Die EU-Kommission hat nun vorgeschlagen, dass die durchschnittlichen CO2-Emissionen neuer Autos in den Jahren 2025 bzw. 2030 um 15 bzw. 30 Prozent unter den Werten des Jahres 2021 liegen müssen. Der aktuelle Grenzwert lautet 95 Gramm CO2 pro Kilometer. Dieser gilt aber nicht für jedes einzelne Auto, sondern für die durchschnittlichen CO2-Emissionen aller Autos. Bis auf die AfD haben das auch alle verstanden.

 

Am 25. Juni berät nun der EU-Umweltrat den Vorschlag der Kommission. Bis dahin braucht die Bundesregierung eine abgestimmte Position. Davon ist man aber weit entfernt.

 

Die Vernichtung einer europäischen Leitindustrie mache er nicht mit, giftete Andreas Scheuer unlängst in Richtung seiner Ressortkollegin Svenja Schulze im Umweltressort. Diese hatte vorgeschlagen, die CO2-Emissionen neuer Pkws und leichter Nutzfahrzeuge bis 2030 um 50 Prozent sinken zu lassen. Auch wenn die Umweltministerin die Autohersteller ambitionierter als die EU-Kommission regulieren will, bleibt es für den Klimaschutz zu wenig.

 

Notwendig ist aus unserer Sicht eine Erhöhung der EU-weiten Reduktionsziele auf 45 Prozent im Jahr 2025 sowie auf 75 Prozent im Jahr 2030. Verkehrsminister Scheuer ist ein klimapolitischer Geisterfahrer, wenn er behauptet, diese Grenzwerte seien willkürlich politisch-ideologisch motiviert.

 

Die Fakten sprechen eine völlig andere Sprache. Würde man dem Vorschlag der Kommission in Brüssel folgen, würden bis 2030 in Deutschland nach mehreren Berechnungen nur 4 Millionen Tonnen CO2 eingespart; 50 Millionen Tonnen CO2 müssen aber eingespart werden. Wie diese Lücke geschlossen wird, kann der Minister natürlich nicht beantworten. Der Minister stellt sich mit seiner Position aber nicht nur gegen den Klimaschutz, sondern auch gegen die Verbraucherinnen und Verbraucher. Sinkende CO2-Emissionen bedeuten nämlich auch sinkende Kraftstoffverbräuche und damit sinkende Kosten.

 

Wer wie die FDP keine neuen CO2-Grenzwerte festlegen und den Verkehr in den Emissionshandel aufnehmen will, entlässt die Automobilindustrie aus der klimapolitischen Verantwortung und belastet ausschließlich die Verbraucherinnen und Verbraucher.

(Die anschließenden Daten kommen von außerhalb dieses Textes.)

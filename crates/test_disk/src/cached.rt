// Records whose pages are cached, against a journal over the same bytes.
ghost use Rattle.std.specs.Prelude.{◌≡◌, ◌*◌, ◌<◌, ◌≤◌, ℕ, IsTrue, IfOk, OnOk};
ghost use Rattle.ss_outside.specs.Disk.{OfContent};
ghost use Rattle.ss_outside.specs.MemDisk.{view_of};
ghost use Rattle.ss_journal.specs.Kept.{IsKept, IsRunning, IsSettled};
ghost use Rattle.ss_journal.specs.Puts.{slots_fit, IsTxn};
ghost use Rattle.ss_records.specs.Kept.{AreAtRest, AreKept};

pub mod rows;

use crate::journal::files::disk_of;
use crate::journal::runs;
use crate::passing::pass;
use crate::reading::{fresh, read};
use ss_base::SLOT_SIZE;
use ss_journal::{Journal, JournalError, MOST_SLOTS, PAGE_SLOTS, Put, Txn};
use ss_outside::{Disk, Failed, MemDisk};
use ss_records::Records;
use std::alloc::Global;
use std::test::Fail;

// A slot, and the byte that fills it.
pub type Fill = (u32, u8);

// The put, which fits where its slot isn't behind the extent.
fn txn_of(fill: Fill) -> Txn
    requires { fill.0 < MOST_SLOTS }
    ensures txn { IsTxn result.items }
    ensures fit { (extent : ℕ) → fill.0 ≤ extent → IsTrue (slots_fit result.items extent) }
{
    let mut txn = Txn::new();
    txn.push(Put {
        slot: fill.0,
        bytes: [fill.1; SLOT_SIZE],
    });
    txn
}

// Stages a put, if its slot isn't behind the lowest free one.
fn stage<D: Disk>(records: &mut Records, disk: &mut D, fill: Fill) -> Result<(), Failed>
    requires settled { IsSettled records.old.journal }
    requires one_disk { OfContent (D.seen disk.old) (AreKept records.old) }
    ensures settled { OnOk result (IsSettled records.new.journal) }
    ensures one_disk { OfContent (D.seen disk.new) (λ content. OnOk result (AreKept records.new content)) }
{
    records.make_room(disk)?;
    let Some(free) = records.lowest_free() else {
        return Ok(());
    };
    if fill.0 <= free {
        records.stage(&txn_of(fill));
    }
    Ok(())
}

// The same, sealed.
pub fn put<D: Disk>(records: &mut Records, disk: &mut D, fill: Fill) -> Result<(), Failed>
    requires settled { IsSettled records.old.journal }
    requires one_disk { OfContent (D.seen disk.old) (AreKept records.old) }
    ensures settled { OnOk result (AreAtRest records.new) }
    ensures one_disk { OfContent (D.seen disk.new) (λ content. OnOk result (AreKept records.new content)) }
{
    stage(records, disk, fill)?;
    records.seal(disk)
}

fn commit<D: Disk>(journal: &mut Journal, disk: &mut D, fill: Fill) -> Result<(), Failed>
    requires settled { IsSettled journal.old }
    requires one_disk { OfContent (D.seen disk.old) (IsKept journal.old) }
    ensures settled { OnOk result (IsSettled journal.new) }
    ensures one_disk { OfContent (D.seen disk.new) (λ content. OnOk result (IsKept journal.new content)) }
{
    if fill.0 >= MOST_SLOTS || fill.0 > journal.extent() {
        return Ok(());
    }
    runs::stage(journal, disk, &txn_of(fill))?;
    journal.seal(disk)
}

// Records over a disk that had no slot, with these bytes in the first ones, all of them in the file.
fn filled<D: Disk>(alloc: Global, disk: &mut D, slots: u32) -> Result<Records, JournalError>
    ensures settled { IfOk result AreAtRest }
    ensures one_disk { OfContent (D.seen disk.new) (λ content. IfOk result (λ records. AreKept records content)) }
{
    let mut records = fresh(alloc, disk)?;
    records.settle(disk)?;
    for slot in 0..slots {
        put(&mut records, disk, (slot, (slot % 251) as u8 + 1))?;
    }
    records.settle(disk)?;
    Ok(records)
}

// How many slots there are: 70 pages, and a page of ten slots.
const SLOTS: u32 = 2250;

// Step number k is about a slot of one of the 70 pages. Each two after one another are about the same page.
fn slot_at(k: u32) -> u32
    requires { k < 300 }
    ensures { result < 70 * 32 }
{
    k / 2 * 37 % 70 * PAGE_SLOTS + k * 11 % PAGE_SLOTS
}

// Whether the slot reads the same from both.
fn is_same<D: Disk>(
    records: &mut Records,
    disk: &mut D,
    journal: &mut Journal,
    other: &mut D,
    slot: u32,
) -> Result<bool, JournalError>
    requires slot { slot < MOST_SLOTS }
    requires settled { AreAtRest records.old × IsSettled journal.old }
    requires one_disk { OfContent (D.seen disk.old) (AreKept records.old) }
    requires other_disk { OfContent (D.seen other.old) (IsKept journal.old) }
    ensures settled { OnOk result (AreAtRest records.new × IsSettled journal.new) }
    ensures one_disk { OfContent (D.seen disk.new) (λ content. OnOk result (AreKept records.new content)) }
    ensures other_disk { OfContent (D.seen other.new) (λ content. OnOk result (IsKept journal.new content)) }
{
    let first = read(records, disk, slot)?;
    let second = journal.read(other, slot)?;
    Ok(first == second)
}

// Whether the slot reads the same after step number k, which is about it: each third step puts, and none frees the slot.
fn is_same_after<D: Disk>(
    records: &mut Records,
    disk: &mut D,
    journal: &mut Journal,
    other: &mut D,
    slot: u32,
    k: u32,
) -> Result<bool, JournalError>
    requires slot { slot < MOST_SLOTS }
    requires settled { AreAtRest records.old × IsSettled journal.old }
    requires one_disk { OfContent (D.seen disk.old) (AreKept records.old) }
    requires other_disk { OfContent (D.seen other.old) (IsKept journal.old) }
    ensures settled { OnOk result (AreAtRest records.new × IsSettled journal.new) }
    ensures one_disk { OfContent (D.seen disk.new) (λ content. OnOk result (AreKept records.new content)) }
    ensures other_disk { OfContent (D.seen other.new) (λ content. OnOk result (IsKept journal.new content)) }
{
    if k % 3 != 0 {
        return is_same(records, disk, journal, other, slot);
    }
    put(records, disk, (slot, (k % 255) as u8 + 1))?;
    commit(journal, other, (slot, (k % 255) as u8 + 1))?;
    is_same(records, disk, journal, other, slot)
}

// The first step at which another byte is read.
fn first_other<D: Disk>(
    records: &mut Records,
    disk: &mut D,
    journal: &mut Journal,
    other: &mut D,
) -> Result<Option<usize>, JournalError>
    requires settled { AreAtRest records.old × IsSettled journal.old }
    requires one_disk { OfContent (D.seen disk.old) (AreKept records.old) }
    requires other_disk { OfContent (D.seen other.old) (IsKept journal.old) }
{
    for k in 0..300u32 {
        let slot = slot_at(k);
        if !is_same_after(records, disk, journal, other, slot, k)? {
            return Ok(Some(k as usize));
        }
    }
    Ok(None)
}

// The same of records and of a journal that is opened over the bytes that they leave.
fn first_apart(
    alloc: Global,
    records: &mut Records,
    disk: &mut MemDisk,
) -> Result<Option<usize>, JournalError>
    requires settled { AreAtRest records.old }
    requires one_disk { OfContent (view_of disk.old) (AreKept records.old) }
{
    let mut other = disk_of(alloc, disk.content())?;
    let mut journal = runs::settled(alloc, &mut other)?;
    let apart = first_other(records, disk, &mut journal, &mut other)?;
    Ok(if apart.is_none() && disk.content() != other.content() {
        Some(300)
    } else {
        apart
    })
}

fn first_wrong_step(alloc: Global) -> Result<Option<usize>, JournalError> {
    let mut disk = disk_of(alloc, &[])?;
    let mut records = filled(alloc, &mut disk, SLOTS)?;
    first_apart(alloc, &mut records, &mut disk)
}

#[test]
fn cached_pages_read_as_a_journal_does(rt: HostRuntime) -> Result<(), Fail> {
    pass(first_wrong_step(rt.alloc()))
}

// Reads the first slot of each of these pages.
fn read_firsts<D: Disk>(
    records: &mut Records,
    disk: &mut D,
    pages: (u32, u32),
) -> Result<(), JournalError>
    requires most { pages.1 ≤ 70 }
    requires running { IsRunning records.old.journal }
    requires one_disk { OfContent (D.seen disk.old) (AreKept records.old) }
    ensures running { OnOk result (IsRunning records.new.journal) }
    ensures one_disk { OfContent (D.seen disk.new) (λ content. OnOk result (AreKept records.new content)) }
{
    for page in pages.0..pages.1 {
        read(records, disk, page * PAGE_SLOTS)?;
    }
    Ok(())
}

// How many calls of the disk that takes.
fn calls_of(
    records: &mut Records,
    disk: &mut MemDisk,
    pages: (u32, u32),
) -> Result<u64, JournalError>
    requires most { pages.1 ≤ 70 }
    requires running { IsRunning records.old.journal }
    requires one_disk { OfContent (view_of disk.old) (AreKept records.old) }
    ensures running { OnOk result (IsRunning records.new.journal) }
    ensures one_disk { OfContent (view_of disk.new) (λ content. OnOk result (AreKept records.new content)) }
{
    let before = disk.calls();
    read_firsts(records, disk, pages)?;
    Ok(disk.calls().wrapping_sub(before))
}

// From which page on to which, and how many calls.
const ROUNDS: [((u32, u32), u64); 7] = [
    ((0, 64), 64),
    ((0, 64), 0),
    // Page 0 was the least recently used, and then page 1.
    ((64, 65), 1),
    ((0, 1), 1),
    ((2, 64), 0),
    // Now it is page 64.
    ((1, 2), 1),
    ((64, 65), 1),
];

fn first_wrong_round(
    records: &mut Records,
    disk: &mut MemDisk,
) -> Result<Option<usize>, JournalError>
    requires running { IsRunning records.old.journal }
    requires one_disk { OfContent (view_of disk.old) (AreKept records.old) }
{
    for (k, (pages, calls)) in ROUNDS.iter().enumerate() {
        let (first, end) = *pages;
        if calls_of(records, disk, (first, end.min(70)))? != *calls {
            return Ok(Some(k));
        }
    }
    Ok(None)
}

fn first_round(alloc: Global) -> Result<Option<usize>, JournalError> {
    let mut disk = disk_of(alloc, &[])?;
    let mut records = filled(alloc, &mut disk, SLOTS)?;
    first_wrong_round(&mut records, &mut disk)
}

#[test]
fn the_least_recently_used_page_goes(rt: HostRuntime) -> Result<(), Fail> {
    pass(first_round(rt.alloc()))
}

Denn dadurch würden nur die Preise an der Tankstelle steigen, fürs Klima aber nichts getan werden.

 

Meine Damen und Herren, ambitionierte CO2-Grenzwerte sind technologisch machbar, wirtschaftlich vorteilhaft, sie vernichten keine Industrie. Im Gegenteil: Sie wirken als Innovationstreiber, sie sichern der deutschen Automobilindustrie den Vorsprung bei klimafreundlichen Fahrzeugtechnologien, und sie sorgen endlich für den Markthochlauf beim Thema „Elektromobilität“.

 

Selbst die EU-Kommission kommt zu der Einschätzung, dass mit besseren CO2-Emissionsstandards sowohl Beschäftigung als auch die Wirtschaftskraft in Europa wachsen können.

 

Meine Damen und Herren, diesen Transformationsprozess müssen wir endlich anschieben. Die Entwicklung in Europa und auch auf den internationalen Märkten wie in China deutet auf ein baldiges Ende des fossilen Verbrennungsmotors hin. Ich erinnere daran: Norwegen will ab 2025 keine Autos mehr zulassen, die nicht emissionsfrei sind, Großbritannien ab 2040 keine Benziner und Dieselfahrzeuge, Frankreich keine Autos, die Treibhausgase ausstoßen.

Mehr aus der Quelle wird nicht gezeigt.